> There's no actual storage density information, is there? Nothing in KJ/m^3 units.
Even if there was (to be honest, didn't read the journal article) this is something that can easily be hacked. Energy storage research papers regularly hack energy density numbers by reporting the kJ/cc values of a tiny (like order 1 g) fleck of nanoparticle dust, which totally misrepresents the physics that matters are scale (i.e. in an EV).
Scaling up stuff is hard, including when you're moving from micron scale to cm scale.

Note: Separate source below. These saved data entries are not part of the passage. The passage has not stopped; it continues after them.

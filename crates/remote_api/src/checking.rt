//! Whether a delivery is what was asked for.
ghost use Rattle.label_set.specs.Labels.{labels_cmp};
ghost use Rattle.remote_api.specs.Strays.{Answers, AsksInTimes, HasWindow, do_rise, followed_as, has_kind, is_count_cell, is_distinct, is_group_cell, is_in_window, is_sum_cell, is_value_cell, is_well, is_window, named, out_of_step, rise_from, stray_of, wrong_cell};
ghost use Rattle.std.specs.List.{AllByRecursion, list_all};
ghost use Rattle.std.specs.List.Sorted.{IsStrictlySortedBy};
ghost use Rattle.std.specs.Ordering.{int_eq};
ghost use Rattle.std.specs.Prelude.{◌≡◌, ◌+◌, ◌-ℤ◌, ℕ, int_lt, List, None, drop, length, map, slice_get, IfOk, IfSome, IsTrue, OnOk};
ghost use Rattle.std.specs.declared.cmp.Ordering.TheVariants.{Less};
ghost use Rattle.step_table.specs.declared.cells.PartKind.TheVariants as part_kind;
ghost use Rattle.ticks.specs.Listed.{IsListed};
ghost use Rattle.ticks.specs.Walks.{HasTimes, IsInstant, LeadsToTimes, moment_at};

use crate::asks::Ask;
use crate::frame::{Frame, Stray};
use func_table::Aggregate;
use label_set::{Items, Labels, order_is_total};
use std::alloc::{AllocError, Global};
use std::cmp::Ordering;
use step_table::{Cell, CellRow, PartKind, StepCells, part};
use ticks::{Ms, Walk, WalkMoment, walks_are_listed};
use xfrac::XFrac;

/// Why a delivery isn't taken.
#[derive(Clone, Copy, Debug, PartialEq, Eq)]
pub enum CheckFault {
    /// It isn't what was asked for.
    Strayed(Stray),
    /// Memory ran out.
    Memory,
}

impl From<AllocError> for CheckFault {
    ghost use Rattle.remote_api.specs.declared.checking.CheckFault.TheVariants.{Memory};
    ghost use Rattle.std.specs.Prelude.{◌≡◌};

    ghost from_gives = { λ _ e. e ≡ Memory };

    fn from(_: AllocError) -> CheckFault {
        CheckFault::Memory
    }
}

impl Frame {
    /// The instant behind the steps of a frame, in milliseconds, where `next` is the instant that is to come; there is none
    /// behind the last one. A frame that isn't what was asked for is refused as a stray.
    pub fn check(
        &self,
        alloc: Global,
        ask: &Ask,
        next: Option<Ms>,
    ) -> Result<Option<Ms>, CheckFault>
        requires times { AsksInTimes ask.now }
        requires next { IfSome next (λ t. IsInstant ask.now.walk t.0) }
        ensures stray { (all : List Ms) (k : ℕ) → IsListed ask.now.walk all → next ≡ slice_get all k → Answers (stray_of ask.now (drop k all) self.now.steps) result }
        ensures behind { IfOk result (λ n. (all : List Ms) (k : ℕ) → IsListed ask.now.walk all → next ≡ slice_get all k → n ≡ slice_get all (k + length self.now.steps)) }
        ensures instant { IfOk result (λ n. IfSome n (λ t. IsInstant ask.now.walk t.0)) }
        ensures well { OnOk result (wrong_cell ask.now self.now.steps ≡ None) }
    {
        let steps = self.steps.as_slice();
        if steps.is_empty() {
            return Err(CheckFault::Strayed(Stray::OutOfStep {
                expected: next,
                got: None,
            }));
        }
        match follow(&ask.walk, next, steps) {
            Err(stray) => Err(CheckFault::Strayed(stray)),
            Ok(behind) => match wrong_cell(alloc, ask, steps)? {
                Some(stray) => Err(CheckFault::Strayed(stray)),
                None => Ok(behind),
            },
        }
    }
}

/// Whether steps stand at the instants that are to come, one after another: the instant behind them, or the first that doesn't.
fn follow(walk: &Walk, next: Option<Ms>, steps: &[StepCells]) -> Result<Option<Ms>, Stray>
    requires times { LeadsToTimes walk.now }
    requires next { IfSome next (λ t. IsInstant walk.now t.0) }
    ensures exact { (all : List Ms) (k : ℕ) → IsListed walk.now all → next ≡ slice_get all k → result ≡ followed_as (out_of_step (drop k all) steps.now) (slice_get all (k + length steps.now)) }
    ensures instant { IfOk result (λ n. IfSome n (λ t. IsInstant walk.now t.0)) }
    ensures steps { OnOk result (AllByRecursion (λ step. IsInstant walk.now step.at.0) steps.now) }
{
    walks_are_listed();
    let mut to_come = next;
    for step in steps {
        let Some(t) = to_come else {
            return Err(Stray::OutOfStep {
                expected: None,
                got: Some(step.at),
            });
        };
        if !is_same_time(t, step.at) {
            return Err(Stray::OutOfStep {
                expected: Some(t),
                got: Some(step.at),
            });
        }
        to_come = walk.after(t);
    }
    Ok(to_come)
}

fn is_same_time(a: Ms, b: Ms) -> bool
    ensures { result ≡ int_eq a.0 b.0 }
{
    a.0 == b.0
}

/// The first step with a cell of another kind than is asked, or with labels that stand twice. The only error is want of memory.
fn wrong_cell(alloc: Global, ask: &Ask, steps: &[StepCells]) -> Result<Option<Stray>, AllocError>
    requires { ask.now.kind ≡ part_kind.Windows → AllByRecursion (λ step. HasWindow ask.now step.at) steps.now }
    ensures { IfOk result (λ found. found ≡ wrong_cell ask.now steps.now) }
{
    for step in steps {
        if !is_well(alloc, ask, step)? {
            return Ok(Some(Stray::WrongCell { at: step.at }));
        }
    }
    Ok(None)
}

fn is_well(alloc: Global, ask: &Ask, step: &StepCells) -> Result<bool, AllocError>
    requires { ask.now.kind ≡ part_kind.Windows → HasWindow ask.now step.now.at }
    ensures { IfOk result (λ well. well ≡ is_well ask.now step.now) }
{
    if !are_of_kind(ask, step.at, step.rows.as_slice()) {
        return Ok(false);
    }
    are_distinct(alloc, step.rows.as_slice())
}

fn are_of_kind(ask: &Ask, at: Ms, rows: &[CellRow]) -> bool
    requires { ask.now.kind ≡ part_kind.Windows → HasWindow ask.now at }
    ensures { result ≡ list_all (λ row. has_kind ask.now at row.cell) rows.now }
{
    for row in rows {
        if !is_of_kind(ask, at, &row.cell) {
            return false;
        }
    }
    true
}

fn is_of_kind(ask: &Ask, at: Ms, cell: &Cell) -> bool
    requires { ask.now.kind ≡ part_kind.Windows → HasWindow ask.now at }
    ensures { result ≡ has_kind ask.now at cell.now }
{
    match &ask.kind {
        PartKind::Rows => matches!(cell, Cell::Value(_)),
        PartKind::Windows => match cell {
            Cell::Window { times, values } => is_window(
                &ask.moment,
                ask.range,
                at,
                times.as_slice(),
                values.as_slice(),
            ),
            _ => false,
        },
        PartKind::Partial(f, _) => is_group_cell(*f, cell),
    }
}

/// Whether a cell is of the groups of an aggregation that engines are asked for.
fn is_group_cell(f: Aggregate, cell: &Cell) -> bool
    ensures { result ≡ is_group_cell f cell.now }
{
    match f {
        Aggregate::Sum | Aggregate::Avg => is_sum_cell(cell),
        Aggregate::Min | Aggregate::Max => is_value_cell(cell),
        Aggregate::Count | Aggregate::Group => is_count_cell(cell),
        _ => false,
    }
}

fn is_value_cell(cell: &Cell) -> bool
    ensures { result ≡ is_value_cell cell.now }
{
    matches!(cell, Cell::Value(_))
}

fn is_sum_cell(cell: &Cell) -> bool
    ensures { result ≡ is_sum_cell cell.now }
{
    match cell {
        Cell::Sum(sum) => 0 < sum.count() && sum.count() < 1 << 63,
        _ => false,
    }
}

fn is_count_cell(cell: &Cell) -> bool
    ensures { result ≡ is_count_cell cell.now }
{
    matches!(cell, Cell::Count(_))
}

/// Whether samples are a window at an instant.
fn is_window(moment: &WalkMoment, range: Ms, at: Ms, times: &[Ms], values: &[XFrac]) -> bool
    requires { HasTimes (moment_at moment.now at.0) range.0 }
    ensures { result ≡ is_window moment.now range at times.now values.now }
{
    if times.len() != values.len() || times.is_empty() || !do_rise(times) {
        return false;
    }
    lie_in_window(moment, range, at, times)
}

/// Whether times lie in the window that ends at the moment of an instant.
fn lie_in_window(moment: &WalkMoment, range: Ms, at: Ms, times: &[Ms]) -> bool
    requires { HasTimes (moment_at moment.now at.0) range.0 }
    ensures { result ≡ list_all (is_in_window moment.now.closed (moment_at moment.now at.0 -ℤ range.0) (moment_at moment.now at.0)) times.now }
{
    let ends = moment.at(at);
    are_in_window(moment.closed, Ms(ends - range.0), Ms(ends), times)
}

/// Whether each time is earlier than the next one.
fn do_rise(times: &[Ms]) -> bool
    ensures { result ≡ do_rise times.now }
{
    match times {
        [] => true,
        [first, ..] => rise_from(*first, times.split_at(1).1),
    }
}

/// Whether a time is earlier than the first of others, and each of these earlier than the next one.
fn rise_from(time: Ms, times: &[Ms]) -> bool
    ensures { result ≡ rise_from time times.now }
{
    let mut last = time;
    for t in times {
        if !is_before(last, *t) {
            return false;
        }
        last = *t;
    }
    true
}

fn is_before(t: Ms, u: Ms) -> bool
    ensures { result ≡ int_lt t.0 u.0 }
{
    t.0 < u.0
}

fn are_in_window(closed: bool, edge: Ms, moment: Ms, times: &[Ms]) -> bool
    ensures { result ≡ list_all (is_in_window closed edge.0 moment.0) times.now }
{
    for t in times {
        if !is_in_window(closed, edge, moment, *t) {
            return false;
        }
    }
    true
}

fn is_in_window(closed: bool, edge: Ms, moment: Ms, t: Ms) -> bool
    ensures { result ≡ is_in_window closed edge.0 moment.0 t }
{
    let behind = if closed { edge.0 <= t.0 } else { edge.0 < t.0 };
    behind && t.0 <= moment.0
}

/// Whether no labels stand twice. Rows in the order of their labels, as most engines give them, are seen at once. The only error is
/// want of memory.
fn are_distinct(alloc: Global, rows: &[CellRow]) -> Result<bool, AllocError>
    ensures { IfOk result (λ distinct. distinct ≡ is_distinct rows.now) }
{
    if are_rising(rows) {
        return Ok(true);
    }
    let parted = part(alloc, labels_of(alloc, rows)?)?;
    Ok(parted.shared.as_slice().is_empty())
}

/// Whether rows are in the order of their labels, no two with equal labels.
fn are_rising(rows: &[CellRow]) -> bool
    ensures { IsTrue result → IsStrictlySortedBy labels_cmp (map (λ row. row.labels) rows.now) }
{
    order_is_total();
    for i in 1..rows.len() {
        let before = &rows[i - 1];
        let row = &rows[i];
        if !is_below(before, row) {
            return false;
        }
    }
    true
}

fn is_below(a: &CellRow, b: &CellRow) -> bool
    ensures { IsTrue result → labels_cmp a.now.labels b.now.labels ≡ Less }
{
    matches!(a.labels.cmp(&b.labels), Ordering::Less)
}

/// The labels of rows, each beside nothing. The only error is want of memory.
fn labels_of(alloc: Global, rows: &[CellRow]) -> Result<Items<(Labels, bool)>, AllocError>
    ensures { IfOk result (λ names. names ≡ named rows.now) }
{
    let mut names = Items::new(alloc);
    for row in rows {
        names.push((row.labels.copy()?, true))?;
    }
    Ok(names)
}
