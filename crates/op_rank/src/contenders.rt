//! The first of each group among the rows of a step, by value.
ghost use Rattle.op_rank.specs.Best.{AreBest, Keeps};
ghost use Rattle.op_rank.specs.Contenders.{AreApart, AreNumbers, as_made, before, chosen, contender_of, contenders_in, has_at, is_in_some, kept_in, marked, number_at as number_of};
ghost use Rattle.std.specs.List.{All, AllByRecursion};
ghost use Rattle.std.specs.Prelude.{◌≡◌, ◌||◌, ◌++◌, ◌<◌, ◌≤◌, [], ℕ, false, length, map, replicate, slice_index_or, OnOk};
ghost use Rattle.step_batch.specs.Lent.{SlotsRise};

use crate::best::{Best, Contender, Wanted};
use std::alloc::{AllocError, Global};
use step_batch::Slot;
use step_put::PlacedOutcome;
use xfrac::laws::{is_number, order_is_total};

/// How slots are ranked: beside each place its group, of so many, and the rank of its labels, and from the greatest value down,
/// or up.
#[derive(Clone, Copy)]
pub(crate) struct Ranking<'a> {
    pub groups: &'a [usize],
    pub group_count: usize,
    pub ranks: &'a [usize],
    pub down: bool,
}

/// The memory that is kept for choosing among the rows of a step: the best of each group, and which slots are taken.
#[derive(Drop)]
pub(crate) struct Choice {
    best: Vec<Best>,
    is_taken: Vec<bool>,
    pub placed: Vec<PlacedOutcome>,
}

impl Choice {
    pub(crate) fn new(alloc: Global) -> Choice {
        Choice {
            best: Vec::new(alloc),
            is_taken: Vec::new(alloc),
            placed: Vec::new(alloc),
        }
    }

    /// Takes the first `count` slots of each group, by value and then by rank, in the place of those that were taken. The
    /// only error is want of memory.
    pub(crate) fn choose(
        &mut self,
        alloc: Global,
        ranking: &Ranking<'_>,
        slots: &[Slot],
        count: u64,
    ) -> Result<(), AllocError>
        requires groups { SlotsRise 0 (length ranking.now.groups.now) slots.now }
        requires within { All (λ group. group < ranking.now.group_count) ranking.now.groups.now }
        requires ranks { length ranking.now.ranks.now ≡ length ranking.now.groups.now }
        requires apart { AreApart ranking.now.ranks.now }
        ensures { OnOk result (self.new.placed.items ≡ map as_made (chosen ranking.now.down ranking.now.groups.now ranking.now.ranks.now count slots.now)) }
    {
        order_is_total();
        self.placed.clear();
        if count == 0 {
            return Ok(());
        }
        let wanted = Wanted {
            down: ranking.down,
            count,
        };
        empty_all(&mut self.best);
        make_room(alloc, &mut self.best, ranking.group_count)?;
        offer_all(&mut self.best, ranking, wanted, slots)?;
        settle_all(&mut self.best, wanted);
        mark_none(&mut self.is_taken, slots.len())?;
        mark_all(&mut self.is_taken, self.best.as_slice());
        put_taken(&mut self.placed, self.is_taken.as_slice(), slots)?;
        Ok(())
    }
}

/// Empties what is kept of each group.
fn empty_all(best: &mut Vec<Best>)
    ensures { AllByRecursion (λ b. b.kept.items ≡ []) best.new.items }
{
    for i in 0..best.len() {
        best[i].clear();
    }
}

/// Makes room for so many groups at least; those that are new are empty.
fn make_room(alloc: Global, best: &mut Vec<Best>, count: usize) -> Result<(), AllocError>
    requires { AllByRecursion (λ b. b.kept.items ≡ []) best.old.items }
    ensures many { OnOk result (count ≤ length best.new.items) }
    ensures empty { OnOk result (AllByRecursion (λ b. b.kept.items ≡ []) best.new.items) }
{
    for _group in best.len()..count {
        best.push(Best::new(alloc))?;
    }
    Ok(())
}

/// Offers each slot to its group.
fn offer_all(
    best: &mut Vec<Best>,
    ranking: &Ranking<'_>,
    wanted: Wanted,
    slots: &[Slot],
) -> Result<(), AllocError>
    requires some { 0 < wanted.count }
    requires groups { SlotsRise 0 (length ranking.now.groups.now) slots.now }
    requires within { All (λ group. group < length best.old.items) ranking.now.groups.now }
    requires ranks { length ranking.now.ranks.now ≡ length ranking.now.groups.now }
    requires empty { AllByRecursion (λ b. b.kept.items ≡ []) best.old.items }
    ensures len { length best.new.items ≡ length best.old.items }
    ensures numbers { OnOk result (AreNumbers slots.now) }
    ensures keeps { OnOk result ((group : ℕ) → Keeps (before wanted.down) wanted.count (contenders_in ranking.now.groups.now ranking.now.ranks.now group 0 slots.now) (kept_in best.new.items group)) }
{
    for i in 0..slots.len() {
        let slot = &slots[i];
        is_number(&slot.value);
        let group = number_at(ranking.groups, slot);
        let rank = number_at(ranking.ranks, slot);
        best[group].offer(
            wanted,
            Contender {
                at: i,
                value: slot.value,
                rank,
            },
        )?;
    }
    Ok(())
}

/// Drops those of each group that aren't among its best.
fn settle_all(best: &mut Vec<Best>, wanted: Wanted)
    requires { 0 < wanted.count }
    ensures len { length best.new.items ≡ length best.old.items }
    ensures best { (group : ℕ) (all : _) → Keeps (before wanted.down) wanted.count all (kept_in best.old.items group) → AreBest (before wanted.down) wanted.count all (kept_in best.new.items group) }
{
    for i in 0..best.len() {
        best[i].settle(wanted);
    }
}

pub(crate) fn number_at(numbers: &[usize], slot: &Slot) -> usize
    requires { slot.now.place < length numbers.now }
    ensures { result ≡ number_of numbers.now slot.now }
{
    numbers[slot.place]
}

/// So many marks, none of them set, in the place of those that were there.
fn mark_none(is_taken: &mut Vec<bool>, count: usize) -> Result<(), AllocError>
    ensures { OnOk result (is_taken.new.items ≡ replicate count false) }
{
    is_taken.clear();
    is_taken.resize(count, false)?;
    Ok(())
}

/// Marks the slots of those that are kept of each group.
fn mark_all(is_taken: &mut Vec<bool>, best: &[Best])
    requires within { AllByRecursion (λ b. AllByRecursion (λ c. c.at < length is_taken.old.items) b.kept.items) best.now }
    ensures len { length is_taken.new.items ≡ length is_taken.old.items }
    ensures marks { (k : ℕ) → slice_index_or is_taken.new.items k false ≡ (slice_index_or is_taken.old.items k false || is_in_some k best.now) }
{
    for some in best {
        mark(is_taken, some.kept.as_slice());
    }
}

fn mark(is_taken: &mut Vec<bool>, some: &[Contender])
    requires within { AllByRecursion (λ c. c.at < length is_taken.old.items) some.now }
    ensures len { length is_taken.new.items ≡ length is_taken.old.items }
    ensures marks { (k : ℕ) → slice_index_or is_taken.new.items k false ≡ (slice_index_or is_taken.old.items k false || has_at k some.now) }
{
    for one in some {
        is_taken[one.at] = true;
    }
}

/// Puts the slots that are marked behind others.
fn put_taken(
    placed: &mut Vec<PlacedOutcome>,
    is_taken: &[bool],
    slots: &[Slot],
) -> Result<(), AllocError>
    requires { length is_taken.now ≡ length slots.now }
    ensures { OnOk result (placed.new.items ≡ placed.old.items ++ map as_made (marked is_taken.now slots.now)) }
{
    for i in 0..slots.len() {
        if !is_taken[i] {
            continue;
        }
        let slot = &slots[i];
        placed.push(PlacedOutcome {
            place: slot.place,
            value: Ok(Some(slot.value)),
        })?;
    }
    Ok(())
}
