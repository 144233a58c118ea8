//! Engines, each of which holds a part of the samples: a trait of what they are told and asked, what makes a delivery of theirs a
//! stray, and couriers, who pick the engine that is pulled next.
#![tactic(auto)]

mod asks;
mod checking;
mod couriers;
mod engine;
mod frame;

pub use asks::{Ask, Part};
pub use checking::CheckFault;
pub use couriers::{Courier, InOrder, Listed, Turns};
pub use engine::{Engine, EngineFail, Pulled};
pub use frame::{Frame, Stray};
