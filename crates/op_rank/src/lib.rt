//! The aggregations that read a parameter or a label, topk, bottomk, quantile and count_values, over steps that are lent.
//! Its rows of tests stand in `kernel_tests`.
#![tactic(auto)]

mod best;
mod contenders;
mod entries;
mod first_rows;
mod groups;
mod label_order;
pub mod laws;
mod quantiles;
mod ranked;
mod value_counts;
mod value_labels;

pub use ranked::{Ranked, is_ranking};
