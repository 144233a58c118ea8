ghost use Rattle.std.specs.Prelude.{◌≡◌, IfOk};

use promql_ast::Expr;
use std::alloc::AllocError;
use step_table::PartKind;
use ticks::{Ms, Walk, WalkMoment};

/// A part of a plan that engines are asked for: an expression, and what kind of cells it is to give.
#[derive(Drop)]
pub struct Part {
    pub expr: Expr,
    pub kind: PartKind,
}

impl Part {
    /// An equal value, on the allocators of this one. The only error is want of memory.
    pub fn copy(&self) -> Result<Part, AllocError>
        ensures { IfOk result (λ p. p ≡ self.now) }
    {
        Ok(Part {
            expr: self.expr.copy()?,
            kind: self.kind.copy()?,
        })
    }
}

/// What the steps that are delivered have to be: cells of a kind at the instants of a walk, one after another. A window ends at
/// the moment that belongs to its instant and is `range` milliseconds long; neither is read for another kind.
#[derive(Debug, Drop, PartialEq, Eq)]
pub struct Ask {
    pub walk: Walk,
    pub kind: PartKind,
    pub moment: WalkMoment,
    pub range: Ms,
}

impl Ask {
    /// An equal value, on the allocators of this one. The only error is want of memory.
    pub fn copy(&self) -> Result<Ask, AllocError>
        ensures { IfOk result (λ a. a ≡ self.now) }
    {
        Ok(Ask {
            walk: self.walk.copy()?,
            kind: self.kind.copy()?,
            moment: self.moment,
            range: self.range,
        })
    }
}
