//! A law of what is kept of a group while its rows come. The function does nothing: it stands for what its contract says.
ghost use Rattle.op_rank.specs.Laws.{BestAreFirst};

use xfrac::laws::order_is_total;

/// The k best of rows that don't tie are, in some order, the first k of the sorted list.
pub fn best_are_first()
    ensures { BestAreFirst }
{
    order_is_total();
}
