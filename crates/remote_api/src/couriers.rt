//! Who picks the engine that is pulled next.
ghost use Rattle.remote_api.specs.Couriers.{IsFirstLive, IsListedPick, IsNextLive, NoneLive};
ghost use Rattle.std.specs.Prelude.{◌≡◌, ◌+◌, ◌<◌, ℕ, true, Some, length, slice_get, IfNone, IfSome};

use label_set::Items;
use std::marker::Model;

/// Picks the engine that is pulled next, out of those that may be pulled. It takes no memory and can't fail.
pub trait Courier {
    /// A place, counted from 0, that is live.
    fn pick(&mut self, live: &[bool]) -> usize
        requires { (i : ℕ) × (slice_get live.now i ≡ Some true) }
        ensures { slice_get live.now result ≡ Some true };
}

/// Picks the lowest live place.
#[derive(Clone, Copy, Debug, Drop)]
pub struct InOrder {}

impl InOrder {
    /// It takes no memory.
    pub fn new() -> InOrder {
        InOrder {}
    }
}

impl Courier for InOrder {
    fn pick(&mut self, live: &[bool]) -> usize
        requires { (i : ℕ) × (slice_get live.now i ≡ Some true) }
        ensures live { slice_get live.now result ≡ Some true }
        ensures lowest { IsFirstLive live.now 0 result }
    {
        lowest_live(live)
    }
}

/// Picks each live place in turn. Contracts see the place from which it goes on.
#[derive(Drop)]
pub struct Turns {
    from: usize,
}

impl Model for Turns {
    ghost use Rattle.std.specs.Prelude.{ℕ};

    ghost Value = { ℕ };

    ghost view = { λ t. t.from };
}

impl Turns {
    /// It begins with the first place. It takes no memory.
    pub fn new() -> Turns
        ensures { result ≡ 0 }
    {
        Turns { from: 0 }
    }
}

impl Courier for Turns {
    fn pick(&mut self, live: &[bool]) -> usize
        requires { (i : ℕ) × (slice_get live.now i ≡ Some true) }
        ensures live { slice_get live.now result ≡ Some true }
        ensures next { IsNextLive live.now self.old result }
        ensures turn { self.new ≡ result + 1 }
    {
        let place = next_live(live, self.from);
        self.from = place + 1;
        place
    }
}

/// Picks by a list of numbers, each taken as the next live place from that number on, and behind the last place from the first one
/// on; once the list has ended it picks the lowest live place. Contracts see the numbers that are left.
#[derive(Drop)]
pub struct Listed {
    picks: Items<u32>,
    used: usize,
}

impl Model for Listed {
    ghost use Rattle.std.specs.Prelude.{ℕ, List, drop};

    ghost Value = { List ℕ };

    ghost view = { λ l. drop l.used l.picks };
}

impl Listed {
    /// All numbers are left. It takes no memory.
    pub fn of(picks: Items<u32>) -> Listed
        ensures { result ≡ picks }
    {
        Listed { picks, used: 0 }
    }
}

impl Courier for Listed {
    fn pick(&mut self, live: &[bool]) -> usize
        requires { (i : ℕ) × (slice_get live.now i ≡ Some true) }
        ensures live { slice_get live.now result ≡ Some true }
        ensures listed { IsListedPick live.now result self.old self.new }
    {
        match self.picks.as_slice().split_at_checked(self.used) {
            Some((_, [number, ..])) => {
                let from = *number as usize;
                self.used += 1;
                next_live(live, from)
            }
            _ => lowest_live(live),
        }
    }
}

/// The next live place from one on; behind the last place from the first one on.
fn next_live(live: &[bool], from: usize) -> usize
    requires { (i : ℕ) × (slice_get live.now i ≡ Some true) }
    ensures live { slice_get live.now result ≡ Some true }
    ensures next { IsNextLive live.now from result }
    ensures within { result < length live.now }
{
    match first_live(live, from) {
        Some(place) => place,
        None => lowest_live(live),
    }
}

fn lowest_live(live: &[bool]) -> usize
    requires { (i : ℕ) × (slice_get live.now i ≡ Some true) }
    ensures live { slice_get live.now result ≡ Some true }
    ensures lowest { IsFirstLive live.now 0 result }
    ensures within { result < length live.now }
{
    match first_live(live, 0) {
        Some(place) => place,
        None => unreachable!(),
    }
}

/// The first live place from one on.
fn first_live(live: &[bool], from: usize) -> Option<usize>
    ensures first { IfSome result (λ place. IsFirstLive live.now from place) }
    ensures within { IfSome result (λ place. place < length live.now) }
    ensures none { IfNone result (NoneLive live.now from) }
{
    for place in from..live.len() {
        if live[place] {
            return Some(place);
        }
    }
    None
}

No, it's not. Energy density is only relevant for today's uses of batteries - car's, laptop and the like. If energy density was all that mattered pumped storage would be utterly useless as it energy density is abysmal. The reality is pumped storage is 80% efficient, and is good for 10's of thousands of cycles (basically unto the dam silts up), and base storage medium (water) is dirt cheap. As a consequence we store and discharge gigawatt hours of energy using pumped storage every day, which I suspect more than all those batteries with higher energy density combined.
If you want another comparison, there are more vehicles using lead acid batteries than there are using lithium - yet lead acid has a horrible energy density. (You are thinking this is wrong - but you are thinking cars. There are far more golf buggies and indoor forklifts and the like out there than there are cars.)
They say the voltage of this battery is around 1/2 that of lithium - which I suspect means much than half the density. But Aluminium is cheap, more common and lighter than lead, and they are talking 10's of thousands of cycles. If this works it will change the world - regardless of it's energy density.
Indeed, I was specifically talking about batteries. But there are many other ways to store energy. They don't even need to be as efficient as batteries, as long as they are cheap/scalable.
You're arguing with a straw man. I never claimed storage technologies other than lithium batteries didn't exist. Electric cars continue to be a central example of the relatively recent increase in research into storage technologies.
And you still can't extrapolate indefinitely from an exponential curve. We don't know where the floor will be, or whether it will be low enough.